Ночь стояла безлунная, и в таких условиях поиск слоненка был бессмыслен; наутро, с восходом солнца, я явился в лагерь, где готовились к завтраку. Никто не знал, куда делся слоненок. Я объяснил им, что малыш не выживет, если не найдет мать, которой, возможно, нет в живых. Я сел в машину и объехал ближайшие окрестности, но так ничего и не заметил.
Внезапно я наткнулся па главной дороге на большое стадо слонов во главе с грозно ревущими, раздраженными самками. Они припустились в погоню. Одна старая слониха бросилась на «лендровер», угрожая бивнями. Я поехал быстрее, чтобы остаться вне пределов ее досягаемости.
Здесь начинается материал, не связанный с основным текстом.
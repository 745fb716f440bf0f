//! The ids of a store that begin with each line of a text.

ghost use Rattle.std.specs.Prelude.{◌≡◌, ◌≢◌, ◌↔◌, ◌<◌, false, true, length, IfErr, IfOk, IsErrOf};
ghost use Rattle.id_lookup.specs.Words.{id_digits};
ghost use Rattle.object_store.specs.Stores.{HaveMoreMatches, IsFaultOfOne, IsReopened};
ghost use Rattle.packtool_commands.specs.Stores.{AreListed, HasAnsweredMatches, HasBegunMatches, IsFaultOf, id_line};
ghost use Rattle.packtool_commands.specs.declared.error.StoreError.{StoreError};
ghost use Rattle.streams.specs.Streams.{lines_of};

use crate::error::StoreError;
use crate::prefixes::PrefixLines;
use crate::printing::{
    Front, ItemForm, ListForm, NoAnswer, Wanted, limit_for, write_answers, write_two,
};
use crate::reopening::look_up_lines;
use gix_hash::{Alphabet, ObjectId};
use object_store::{Matching, Reopen};
use std::alloc::Allocator;
use streams::{Sink, WriteFailed, write_id};

/// Writes for each of some lines, in order, the ids of a store that begin with it. Returns why the
/// first line that has no answer has none, or `None` if each has one. [`Wanted`] says what an
/// answer is, and how it is written.
///
/// The lines are of the store's kind. For a line that is not a prefix, the line and ` bad` are
/// written. For a prefix of no id, [`Wanted::All`] and [`Wanted::One`] write the line and
/// ` missing`, and for a prefix of several ids, [`Wanted::One`] writes the line and ` ambiguous`.
/// [`Wanted::Bare`] and [`Wanted::BareOne`] write nothing there.
///
/// The ids of a pack index with a first byte are read once. If they were found in order before,
/// only some of them are read, for each line. If one id is asked for, the first two of a prefix are
/// enough. Nothing is written before all ids are found; if a pack index is gone by then, the store
/// is opened again. If the ids are more than `most`, and there are several prefixes, then
/// nothing is written, and [`StoreError::TooMany`] is returned.
/// [`StoreError::Output`] is returned if and only if a write fails, after a proper beginning of the
/// text. The sink must not have failed before.
///
/// ```
/// let lines = PrefixLines::read(rt.alloc(), Kind::Sha1, b"4b8\n4b9\n")?;
/// let why = find_each(rt.alloc(), &mut store, &lines, Wanted::One, 65_536, &mut out)?;
/// println!(rt; "each of the two is one id: {}", why.is_none())?;
/// ```
pub fn find_each<S: Reopen, A: Allocator + Copy, W: Sink>(
    alloc: A,
    store: &mut S,
    lines: &PrefixLines<'_, A>,
    wanted: Wanted,
    most: usize,
    out: &mut W,
) -> Result<Option<NoAnswer>, StoreError>
    requires kind { lines.now.kind ≡ (S.view store.old).kind }
    requires listed { AreListed (S.view store.old) lines.now.prefixes.items }
    requires output { W.has_failed out.old ≡ false }
    ensures reopened { IsReopened S.had S.view store.old store.new }
    ensures found { IfOk result (λ why. HasAnsweredMatches A wanted (S.view store.new)
        (lines_of lines.now.text.now) why (W.taken out.old) (W.taken out.new)) }
    ensures refused { IfErr result (IsFaultOf (IsFaultOfOne (S.view store.new)
        lines.now.prefixes.items)) }
    ensures several { IsErrOf result StoreError.TooMany → 1 < length lines.now.prefixes.items }
    ensures more { IsErrOf result StoreError.TooMany → HaveMoreMatches A (S.view store.new) most
        lines.now.prefixes.items }
    ensures untouched { IfErr result (λ e. e ≢ StoreError.Output → out.new ≡ out.old) }
    ensures output { IsErrOf result StoreError.Output ↔ (W.has_failed out.new ≡ true) }
    ensures part { IsErrOf result StoreError.Output → HasBegunMatches A wanted
        (S.view store.new) (lines_of lines.now.text.now) (W.taken out.old) (W.taken out.new) }
{
    let matching = Matching {
        limit: limit_for(wanted),
    };
    let found = look_up_lines(alloc, store, lines, most, &matching)?;
    let form = ListForm {
        wanted,
        item: IdForm,
    };
    Ok(write_answers(lines, &found, &form, out)?)
}

// How an id is printed.
#[derive(Drop)]
struct IdForm;

impl ItemForm<ObjectId> for IdForm {
    ghost text = { λ _ front id. id_line front (id_digits id) };

    fn write_after<W: Sink>(
        &self,
        front: &Front<'_>,
        id: &ObjectId,
        out: &mut W,
    ) -> Result<(), WriteFailed> {
        write_two(front.line, front.space, out)?;
        write_id(Alphabet::Hex, id, out)
    }
}
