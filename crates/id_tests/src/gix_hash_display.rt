//! What printing and writing do with the options of a format and with a writer that fails.

use crate::expecting::{expect, expect_kind, expect_text, expect_whole};
use crate::gix_hash_prefix::read;
use crate::well_known::{BLOB, BLOB_256, BLOB_ID, id};
use gix_hash::{Kind, ObjectId, Prefix, oid};
use std::io::{self, Write};
use std::process::Abort;
use test_devices::{FAILED, Fault, KINDS, Writer};

#[test]
fn options_have_no_effect(rt: HostRuntime) {
    expect_whole(&rt, BLOB_ID, BLOB);
    expect_whole(&rt, read(&rt, "e69d0"), "e69d0");
    expect_whole(&rt, Kind::Sha256, "sha256");
}

// What writes its lowercase hex digits.
#[derive(Clone, Copy)]
enum Named<'a> {
    View(oid<'a>),
    Id(ObjectId),
    Prefix(Prefix),
}

impl Named<'_> {
    fn write_hex_to<W: Write>(&self, out: &mut W) -> io::Result<()> {
        match self {
            Named::View(view) => view.write_hex_to(out),
            Named::Id(id) => id.write_hex_to(out),
            Named::Prefix(prefix) => prefix.write_hex_to(out),
        }
    }
}

// The error's text, or "" if there is none.
fn expect_end(rt: &(impl Abort + AllocGlobal), outcome: io::Result<()>, want: &str) {
    match outcome {
        Ok(()) => expect!(rt; want.is_empty(), want),
        Err(error) => expect_text(rt, error, want),
    }
}

// Writes to a writer that takes at most `chunk` bytes a call, and compares the error, or "" if
// there is none, what was written, and the number of calls.
fn expect_written(
    rt: &(impl Abort + AllocGlobal),
    named: &Named<'_>,
    (chunk, fault): (usize, Fault),
    error: &str,
    written: &[u8],
    calls: usize,
) {
    let mut out = Writer::new(rt.alloc(), chunk, fault);
    expect_end(rt, named.write_hex_to(&mut out), error);
    expect!(rt; out.bytes.as_slice() == written, calls);
    expect!(rt; (out.calls, out.flushes) == (calls, 0), calls);
}

const ALL: usize = usize::MAX;

// Writers, the error, or "" if there is none, how many of five digits or more are taken, and in how
// many calls: one for each digit at `ALL`.
const WRITERS: [(usize, Fault, &str, usize, usize); 6] = [
    (ALL, Fault::Never, "", ALL, 1),
    (1, Fault::Never, "", ALL, ALL),
    (ALL, Fault::InterruptedAt(1), "", ALL, 2),
    (2, Fault::AtCall(3), FAILED, 4, 3),
    (0, Fault::Never, "failed to write whole buffer", 0, 1),
    (ALL, Fault::AfterBytes(3), FAILED, 3, 2),
];

// The digits are written by `write_all`: in one write where there is room, else in several, with
// another try after an interruption, and until the writer fails.
fn expect_all_written(rt: &(impl Abort + AllocGlobal), named: &Named<'_>, text: &str) {
    for &(chunk, fault, error, taken, calls) in &WRITERS {
        let written = &text.as_bytes()[..taken.min(text.len())];
        let calls = calls.min(text.len());
        expect_written(rt, named, (chunk, fault), error, written, calls);
    }
    for &kind in &KINDS {
        if kind != io::ErrorKind::Interrupted {
            expect_failed(rt, named, kind);
        }
    }
}

// The first write fails, with an error of that kind, and there is no other.
fn expect_failed(rt: &(impl Abort + AllocGlobal), named: &Named<'_>, kind: io::ErrorKind) {
    let mut out = Writer::new(rt.alloc(), 9, Fault::Always(kind));
    expect_kind(rt, named.write_hex_to(&mut out), kind);
    expect!(rt; (out.calls, out.flushes) == (1, 0), kind);
}

#[test]
fn digits_are_written(rt: HostRuntime) {
    for &text in &[BLOB, BLOB_256] {
        let id = id(&rt, text);
        expect_all_written(&rt, &Named::View(id.as_oid()), text);
        expect_all_written(&rt, &Named::Id(id), text);
        expect_all_written(&rt, &Named::Prefix(Prefix::from(id)), text);
    }
    expect_all_written(&rt, &Named::Prefix(read(&rt, "e69d0")), "e69d0");
    // No digits make no write.
    let none = Named::Prefix(id(&rt, BLOB).to_prefix(0..0));
    let failing = (0, Fault::Always(io::ErrorKind::Other));
    expect_written(&rt, &none, failing, "", b"", 0);
}
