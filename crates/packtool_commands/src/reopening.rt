//! Look-ups in a store that changes.

ghost use Rattle.std.specs.Prelude.{◌≡◌, ◌≢◌, ◌<◌, All, IfErr, IfOk, IsErrOf, length};
ghost use Rattle.std.specs.Fn.{FnOnceReturnsAtMut};
ghost use Rattle.std.specs.List.{AllZip};
ghost use Rattle.id_lookup.specs.Words.{KindDigits};
ghost use Rattle.object_store.specs.Stores.{CanLookUp, HaveMore, IsOfOne, IsReopened, StoreView};
ghost use Rattle.packtool_commands.specs.Stores.{AreListed, IsFaultOf, prefixes_of};
ghost use Rattle.packtool_commands.specs.declared.error.StoreError.{StoreError};
ghost use Rattle.streams.specs.Streams.{lines_of};

use crate::error::StoreError;
use crate::prefixes::PrefixLines;
use object_store::{Error, LookUp, Reopen, look_up_each};
use std::alloc::Allocator;

// How often a look-up begins.
const MAX_TRIES: usize = 10;

/// The result of a look-up in a store, which the look-up leaves as it is. If a pack index that was
/// listed is gone, the store is opened again and the look-up begins again. It begins at most 10
/// times.
pub(crate) fn look_up_again<S: Reopen, T: Drop, F: Fn(&mut S) -> Result<T, Error>>(
    store: &mut S,
    look_up: F,
) -> Result<T, Error>
    requires can { (seen : _) → IsReopened S.had S.view store.old seen.now
        → F.pre look_up seen }
    requires same { (seen left : _) (looked : _) → F.post look_up seen looked left
        → left.now ≡ seen.now }
    ensures reopened { IsReopened S.had S.view store.old store.new }
    ensures found { FnOnceReturnsAtMut F.FnOnce look_up store.new result store.new }
{
    for _try in 1..MAX_TRIES {
        let looked = look_up(store);
        if !matches!(looked, Err(Error::Gone { .. })) {
            return looked;
        }
        if !store.reopen() {
            break;
        }
    }
    look_up(store)
}

/// What is found in a store for each prefix among some lines, which are of its kind. If more than
/// `most` is found for several prefixes, this is [`StoreError::TooMany`].
pub(crate) fn look_up_lines<S: Reopen, A: Allocator + Copy, L: LookUp<S, A>>(
    alloc: A,
    store: &mut S,
    lines: &PrefixLines<'_, A>,
    most: usize,
    look_up: &L,
) -> Result<Vec<L::Found, A>, StoreError>
    requires kind { lines.now.kind ≡ (S.view store.old).kind }
    requires listed { AreListed (S.view store.old) lines.now.prefixes.items }
    requires fits { (seen : StoreView) → seen.kind ≡ (S.view store.old).kind
        → L.fits look_up.now seen }
    ensures reopened { IsReopened S.had S.view store.old store.new }
    ensures found { IfOk result (λ found. AllZip
        (λ (prefix : KindDigits) one. L.finds look_up.now store.new prefix.digits one)
        (prefixes_of (S.view store.new).kind (lines_of lines.now.text.now)) found.items) }
    ensures refused { IfErr result (IsFaultOf (IsOfOne (L.fails look_up.now (S.view store.new))
        lines.now.prefixes.items)) }
    ensures several { IsErrOf result StoreError.TooMany → 1 < length lines.now.prefixes.items }
    ensures more { IsErrOf result StoreError.TooMany → HaveMore
        (L.finds look_up.now store.new) L.size most lines.now.prefixes.items }
    ensures unwritten { IfErr result (λ e. e ≢ StoreError.Output) }
{
    let prefixes = lines.prefixes();
    let looked = look_up_again(
        store,
        |store: &mut S|
            requires can { All (CanLookUp (S.view store.old)) prefixes.now }
            requires fits { L.fits look_up.now (S.view store.old) }
        { look_up_each(alloc, store, prefixes, most, look_up) },
    );
    let Some(found) = looked? else {
        return Err(StoreError::TooMany);
    };
    Ok(found)
}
Одно мгновение казалось, что она вот-вот вонзит бивни в заднюю дверцу, но она почувствовала тщетность своих усилий и остановилась.
Вернувшись в лагерь, я узнал от смотрителей, что ночью слышались крики слоненка и громкое рычание. Я попросил их показать место, откуда они доносились, по мысль о прогулке через густой кустарник их не привлекала. Я отправился в указанном направлении один.
Мой путь был недолог. Обогнув куст, я вдруг оказался лицом к лицу с громадным черногривым львом, восседавшим на останках слоненка. Он весь подобрался и бросил на меня поверх добычи яростный взгляд. Его мышцы подрагивали, потом из груди вырвалось «вуф», он отпрянул в сторону и исчез.